18 Some of the antecedent offences are, on any reasonable reckoning, serious breaches of the criminal law. In particular:
· In 1986 the applicant was convicted of five armed robberies. It is not quite clear from the Particulars of Trial that all five sentences passed upon the applicant were concurrent, but I infer that such was the case. On that approach, the longest sentence was one of imprisonment for 4 years with a non-parole period of 2 years 9 months. The applicant was released to parole on 10 July 1987.
· In 1989 the applicant was convicted of a breach of parole and of a further armed robbery. For that armed robbery he was sentenced to imprisonment for 8 years with a non-parole period of 6 years. He was released to parole on 5 August 1992. He abandoned a projected appeal to this Court.
· In 1994 the applicant's then current parole was revoked and he was returned to prison for 2 years 2 months 4 days, being again released to parole on 31 October 1995.
· In August 2002 the applicant was given the benefit of suspended sentences of 6 months and of 4 months for the offences, respectively, of possession of house breaking implements, and of goods in custody.
19 The applicant mounts, broadly speaking, two attacks upon his Honour's approach to the antecedent criminal record.
20 The first attack asserts impermissible double counting. The proposition, put simply, is that his Honour found to the requisite standard the particular aggravating factor; but then took that factor distinctly into account a second time in the guise of deterrence both general and special.

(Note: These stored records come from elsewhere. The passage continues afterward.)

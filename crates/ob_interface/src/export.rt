//! What a caller knows of an object's exports.

use crate::scalar::ScalarType;

/// A parameter of an export: its mode and its type.
#[derive(Clone, Copy, PartialEq, Eq)]
pub struct Formal {
    pub is_var: bool,
    pub scalar_type: ScalarType,
}

/// An exported procedure: its name, and its parameters in text order.
#[derive(Drop)]
pub struct Export {
    pub name: String,
    pub formals: Vec<Formal>,
}
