//! The effect of an instruction: numbers, addresses, the words there and sums, which are most of what a tree comes to, without a look
//! at all instructions.

ghost use Rattle.std.specs.Prelude.{◌≡◌, pos, MatchOption};
ghost use Rattle.ob_code_words.specs.declared.instr.Instr.{Instr};
ghost use Rattle.ob_code_words.specs.Words as Words;
ghost use Rattle.ob_code_words.specs.Effect as Effects;
ghost use Rattle.ob_code_words.specs.Running.{HasEffect, LeavesStack};

use ob_code_machine::Instr;
use ob_code_words::effect::{Answer, effect, load, push, push_local, store};
use ob_code_words::stack::Stack;

/// Pushes a number.
#[inline(always)]
fn push_number(stack: &mut Stack, value: i32) -> Answer
    ensures { LeavesStack result stack.old stack.new (Effects.pushed stack.old.reserve stack.old.words value) }
{
    push(stack, i64::from(value))
}

/// Pushes the address of a word of the block.
#[inline(always)]
fn push_global(stack: &mut Stack, word: u16) -> Answer
    ensures { LeavesStack result stack.old stack.new (Effects.pushed stack.old.reserve stack.old.words (pos word)) }
{
    push(stack, i64::from(word))
}

/// The sum of two words, where it is an INTEGER.
#[inline(always)]
fn sum(x: i64, y: i64) -> Option<i64>
    ensures { MatchOption result (Words.made_of_two Instr.Add x y ≡ Words.Traps 1) (λ z. Words.made_of_two Instr.Add x y ≡ Words.Gives z) }
{
    let z = x.checked_add(y)?;
    if i64::from(i32::MIN) <= z && z <= i64::from(i32::MAX) {
        return Some(z);
    }
    None
}

/// Replaces the two words on top by their sum.
#[inline(always)]
fn add(stack: &mut Stack) -> Answer
    ensures { LeavesStack result stack.old stack.new (Effects.of_two (Words.made_of_two Instr.Add) stack.old.words) }
{
    let Some((x, y)) = stack.two() else {
        return Answer::Stuck;
    };
    match sum(x, y) {
        Some(z) => {
            stack.replace_two(z);
            Answer::Done
        }
        None => Answer::Trap(1),
    }
}

/// What an instruction without a jump does to the block and the stack.
#[inline(always)]
pub(crate) fn effect_at_once(
    instr: Instr,
    fp: usize,
    block: &mut [i64],
    stack: &mut Stack,
) -> Answer
    ensures { HasEffect result block.old block.new stack.old stack.new (Effects.effect stack.old.reserve fp instr block.old stack.old.words) }
{
    match instr {
        Instr::Literal { value } => push_number(stack, value),
        Instr::Global { word } => push_global(stack, word),
        Instr::Local { word } => push_local(block, stack, fp, word),
        Instr::Get => load(block, stack),
        Instr::Put => store(block, stack),
        Instr::Add => add(stack),
        other => effect(other, fp, block, stack),
    }
}
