//! What is known of a fault of a module's text, each with a contract that says what of the module it is: what could stand at the place,
//! the construct that is open there, the nearest name, the line of a declaration, operands, lengths, counts and words. Its definitions,
//! above all `specs/Evidence.antt`, are what the sentences of faults rest on; how a value is found may be changed without asking.
#![tactic(auto)]

pub mod constant_numbers;
pub mod constructs;
pub mod facts;
pub mod lone_names;
pub mod nearest_names;
pub mod needed_types;
pub mod small_keywords;
pub mod text_site;
pub mod word_totals;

21 The submission depends upon a particular analysis and parsing of unconnected passages in the remarks on sentence. I do not believe that a fair reading overall of the remarks on sentence supports the submission. His Honour was required to take into account as an aggravating factor an antecedent criminal record which, however old the individual items in it, was indicative of serious and continuing disregard of the law. Quite how that statutorially mandated aggravation was to be woven into a particular ultimate sentence was a question inseparable from the need for appropriate deterrence, both general and personal. That does not seem to me to give rise to double counting.

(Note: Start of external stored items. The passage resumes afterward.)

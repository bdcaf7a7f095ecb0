//! Commands on calls and on runs with the texts of their files, and the answers of `explain`: faults as people read them.
#![tactic(auto)]

pub mod asked_texts;
pub mod explaining;
pub mod explaining_runs;
pub mod explaining_traps;
pub mod record_opening;
pub mod shown_faults;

22 The second attack has to do with an observation of his Honour that there had been, as indeed there had, a gap of some 15 years between the instant offence and the most recent of the antecedent armed robberies. It is submitted that the sentence ultimately passed by his Honour did not make any mitigating allowance for this gap in criminal offending.

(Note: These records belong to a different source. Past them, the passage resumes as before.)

impl Store {
    /// The store of a call that begins: the state of the module, and the activations behind it.
    pub fn new(alloc: Global, state: State, others: Vec<Vec<Held>>) -> Store
        ensures activations { store_in result ≡ state_of state ∷ map activation_in others.items }
        ensures begun { begun_in result ≡ state_of state }
    {
        Store {
            variables: state.into_values(),
            others,
            before: Before::Writes(Vec::new(alloc)),
            spares: Vec::new(alloc),
        }
    }

    /// The store of a call from outside that begins: the state of the module, and behind it two activations, the results
    /// and the procedure's own. It uses the memory of the call before.
    pub fn begin(state: State, results: Vec<Held>, own: Vec<Held>) -> Result<Store, AllocError>
        ensures activations { IfOk result (λ s. store_in s ≡ state_of state ∷ (activation_in results ∷ (activation_in own ∷ []))) }
        ensures begun { IfOk result (λ s. begun_in s ≡ state_of state) }
    {
        let State {
            values,
            mut others,
            mut writes,
        } = state;
        others.clear();
        writes.clear();
        let alloc = *values.allocator();
        others.push(results)?;
        others.push(own)?;
        Ok(Store {
            variables: values,
            others,
            before: Before::Writes(writes),
            spares: Vec::new(alloc),
        })
    }

    /// The activation of a number behind the module's, from 0; an empty one where there is none.
    pub fn behind(&self, number: usize) -> &[Held]
        ensures { map held_in result.now ≡ Stores.activation_at (store_in self.now) (suc number) }
    {
        match self.others.get(number) {
            Some(activation) => activation.as_slice(),
            None => &[],
        }
    }

    /// The position of the activation that is running.
    pub fn running(&self) -> usize
        ensures { result ≡ Stores.running (store_in self.now) }
    {
        self.others.len()
    }

    /// What a position of an activation has, if there is such a position.
    pub fn held_at(&self, activation: usize, position: usize) -> Option<Lent<'_>>
        ensures { held_or_zero result
            ≡ Stores.held_at (Stores.activation_at (store_in self.now) activation) position }
    {
        if activation == 0 {
            return match self.variables.get(position) {
                Some(value) => Some(Lent::Value(value)),
                None => None,
            };
        }
        match self.behind(activation - 1).get(position) {
            Some(held) => Some(held.lend()),
            None => None,
        }
    }

    /// The value of a variable of an activation, if it has one of its own.
    pub fn own_value(&self, activation: usize, position: usize) -> Option<&Value>
        ensures { value_or_zero result
            ≡ Stores.value_held (Stores.held_at (Stores.activation_at (store_in self.now) activation) position) }
    {
        match self.held_at(activation, position)? {
            Lent::Value(value) => Some(value),
            Lent::Place(_) => None,
        }
    }

    /// The value at a place, if there is one.
    pub fn value_at(&self, place: &Place) -> Option<&Value>
        ensures { value_or_zero result ≡ Stores.value_at (store_in self.now) (place_in place.now) }
    {
        match self.own_value(place.activation, place.position) {
            Some(value) => value.selected(place.path.as_slice()),
            None => None,
        }
    }

    /// Puts a scalar at a place; where there is no memory for that, the store is as before. How the module's variables were
    /// when the call began stays known.
    pub fn set(&mut self, alloc: Global, place: Place, scalar: Scalar) -> Result<(), AllocError>
        ensures stored { OnOk result (store_in self.new
            ≡ Stores.stored (store_in self.old) (place_in place) (Values.Single scalar)) }
        ensures kept { OnErr result (store_in self.new ≡ store_in self.old) }
        ensures begun { begun_in self.new ≡ begun_in self.old }
    {
        if place.activation == 0 {
            self.set_variable(alloc, place.position, place.path, scalar)?;
            return Ok(());
        }
        let behind = place.activation - 1;
        if behind < self.others.len() {
            put_held(
                self.others[behind].as_mut_slice(),
                place.position,
                place.path.as_slice(),
                Value::Single(scalar),
            );
        }
        Ok(())
    }

    /// The same of a variable of the module, with what stood there listed.
    fn set_variable(
        &mut self,
        alloc: Global,
        position: usize,
        path: Path,
        scalar: Scalar,
    ) -> Result<(), AllocError>
        ensures stored { OnOk result (variables_in self.new.variables.items
            ≡ Stores.with_held (variables_in self.old.variables.items) position path.items (Values.Single scalar)) }
        ensures kept { OnErr result (variables_in self.new.variables.items ≡ variables_in self.old.variables.items) }
        ensures others { self.new.others ≡ self.old.others }
        ensures begun { begun_in self.new ≡ begun_in self.old }
    {
        self.before.shorten(alloc, self.variables.as_slice())?;
        let new = Value::Single(scalar);
        let variables = self.variables.as_mut_slice();
        let Some(was) = put_at(variables, position, path.as_slice(), new) else {
            return Ok(());
        };
        let written = Written {
            position,
            path,
            was,
        };
        self.before
            .list(alloc, written, self.variables.as_mut_slice())
    }

    /// Puts a scalar in the place of a whole variable, as `set` does, where no path has to be built for it.
    #[inline]
    pub fn set_whole(
        &mut self,
        alloc: Global,
        activation: usize,
        position: usize,
        scalar: Scalar,
    ) -> Result<(), AllocError>
        ensures stored { OnOk result (store_in self.new
            ≡ Stores.stored (store_in self.old) (record { activation = activation; position = position; path = [] }) (Values.Single scalar)) }
        ensures kept { OnErr result (store_in self.new ≡ store_in self.old) }
        ensures begun { begun_in self.new ≡ begun_in self.old }
    {
        if activation == 0 {
            self.set_whole_variable(alloc, position, scalar)?;
            return Ok(());
        }
        let behind = activation - 1;
        if behind < self.others.len() {
            let new = Value::Single(scalar);
            put_held(self.others[behind].as_mut_slice(), position, &[], new);
        }
        Ok(())
    }

    /// The same of a variable of the module: where it is a scalar, that is listed before it is overwritten.
    #[inline]
    fn set_whole_variable(
        &mut self,
        alloc: Global,
        position: usize,
        scalar: Scalar,
    ) -> Result<(), AllocError>
        ensures stored { OnOk result (variables_in self.new.variables.items
            ≡ Stores.with_held (variables_in self.old.variables.items) position [] (Values.Single scalar)) }
        ensures kept { OnErr result (variables_in self.new.variables.items ≡ variables_in self.old.variables.items) }
        ensures others { self.new.others ≡ self.old.others }
        ensures begun { begun_in self.new ≡ begun_in self.old }
    {
        let Some(Value::Single(held)) = self.variables.get(position) else {
            return self.set_variable(alloc, position, SmallVec::new(alloc), scalar);
        };
        let was = *held;
        self.before.shorten(alloc, self.variables.as_slice())?;
        self.before.list_scalar(position, was)?;
        self.variables[position] = Value::Single(scalar);
        Ok(())
    }

    /// Puts a scalar in the place that a variable of the activation that is running stands for: its own, or the one that it
    /// refers to.
    #[inline]
    pub fn set_own(
        &mut self,
        alloc: Global,
        position: usize,
        scalar: Scalar,
    ) -> Result<(), AllocError>
        ensures stored { OnOk result (store_in self.new
            ≡ Stores.stored (store_in self.old) (Stores.place_owned Own (store_in self.old) position) (Values.Single scalar)) }
        ensures kept { OnErr result (store_in self.new ≡ store_in self.old) }
        ensures begun { begun_in self.new ≡ begun_in self.old }
    {
        let running = self.running();
        let Some(Lent::Place(place)) = self.held_at(running, position) else {
            return self.set_whole(alloc, running, position, scalar);
        };
        let activation = place.activation;
        let within = place.position;
        if place.path.is_empty() {
            return self.set_whole(alloc, activation, within, scalar);
        }
        let place = copy_place(alloc, place)?;
        self.set(alloc, place, scalar)
    }

    /// Adds an activation, which is running from now on.
    pub fn enter(&mut self, activation: Vec<Held>) -> Result<(), AllocError>
        ensures entered { OnOk result (store_in self.new ≡ store_in self.old ++ activation_in activation ∷ []) }
        ensures kept { OnErr result (store_in self.new ≡ store_in self.old) }
        ensures begun { begun_in self.new ≡ begun_in self.old }
    {
        self.others.push(activation)?;
        Ok(())
    }

    /// Takes the activation that is running away; the module stays.
    pub fn leave(&mut self)
        ensures left { 0 < Stores.running (store_in self.old)
            → store_in self.new ≡ take (Stores.running (store_in self.old)) (store_in self.old) }
        ensures alone { 0 ≡ Stores.running (store_in self.old) → store_in self.new ≡ store_in self.old }
        ensures begun { begun_in self.new ≡ begun_in self.old }
    {
        self.others.pop();
    }

    /// The same, and keeps its memory for the next activation of the procedure of this number. Where there is no memory
    /// to note it, it is dropped.
    pub fn leave_spare(&mut self, number: usize)
        ensures left { 0 < Stores.running (store_in self.old)
            → store_in self.new ≡ take (Stores.running (store_in self.old)) (store_in self.old) }
        ensures alone { 0 ≡ Stores.running (store_in self.old) → store_in self.new ≡ store_in self.old }
        ensures begun { begun_in self.new ≡ begun_in self.old }
    {
        if let Some(activation) = self.others.pop() {
            if self.spares.len() >= MOST_SPARES {
                self.spares.clear();
            }
            let _noted = self.spares.push(Spare { number, activation });
        }
    }

    /// An activation of the procedure of this number that is over, with what it held; an empty one where none is kept.
    pub fn spare(&mut self, number: usize) -> Vec<Held>
        ensures kept { store_in self.new ≡ store_in self.old }
        ensures begun { begun_in self.new ≡ begun_in self.old }
    {
        match spare_of(self.spares.as_slice(), number) {
            Some(position) => self.spares.swap_remove(position).activation,
            None => Vec::new(*self.variables.allocator()),
        }
    }

    /// The state of the module, without the other activations.
    pub fn into_state(self) -> State
        ensures { state_of result ≡ Stores.activation_at (store_in self) 0 }
    {
        let alloc = *self.variables.allocator();
        let before = self.before;
        // A list of writes is kept for its memory.
        let writes = match before {
            Before::Writes(writes) => writes,
            Before::Whole(_values) => Vec::new(alloc),
        };
        State {
            values: self.variables,
            others: self.others,
            writes,
        }
    }

    /// The state of the module as it was when the call began.
    pub fn into_begun(self) -> State
        ensures { state_of result ≡ begun_in self }
    {
        let writes = Vec::new(*self.variables.allocator());
        State {
            values: self.before.take_back(self.variables),
            others: self.others,
            writes,
        }
    }
}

23 One way of dealing with the applicant's submission would be to hold it over until the remaining grounds of appeal, and particularly Ground 5, are discussed and resolved. I prefer a more direct approach which is this: a person who commits six armed robberies for which he serves periods of imprisonment is not expected to refrain from recidivism into that particularly serious type of crime for some period, whether long or short. He is expected to refrain completely from that form of recidivism. If he does not so refrain, then he is entitled to some prudently measured consideration if he has refrained for a longer rather than a shorter time before re-offending. That is, however, a very different proposition from a proposition that a long period between offences of armed robbery somehow reduces to practical sentencing insignificance the earlier offences. I regard that latter approach as contrary to both section 21A(2)(d) itself and to the principles established by the High Court in Veen v The Queen (No. 2) (1988) 164 CLR 465.
· The Section 21A(2)(b) Factor
His Honour undoubtedly took account of this factor. It is conceded by the Crown, and in my opinion correctly so, that there was, therefore, clear sentencing error. What should follow from that error will be considered in the discussion of Ground 5.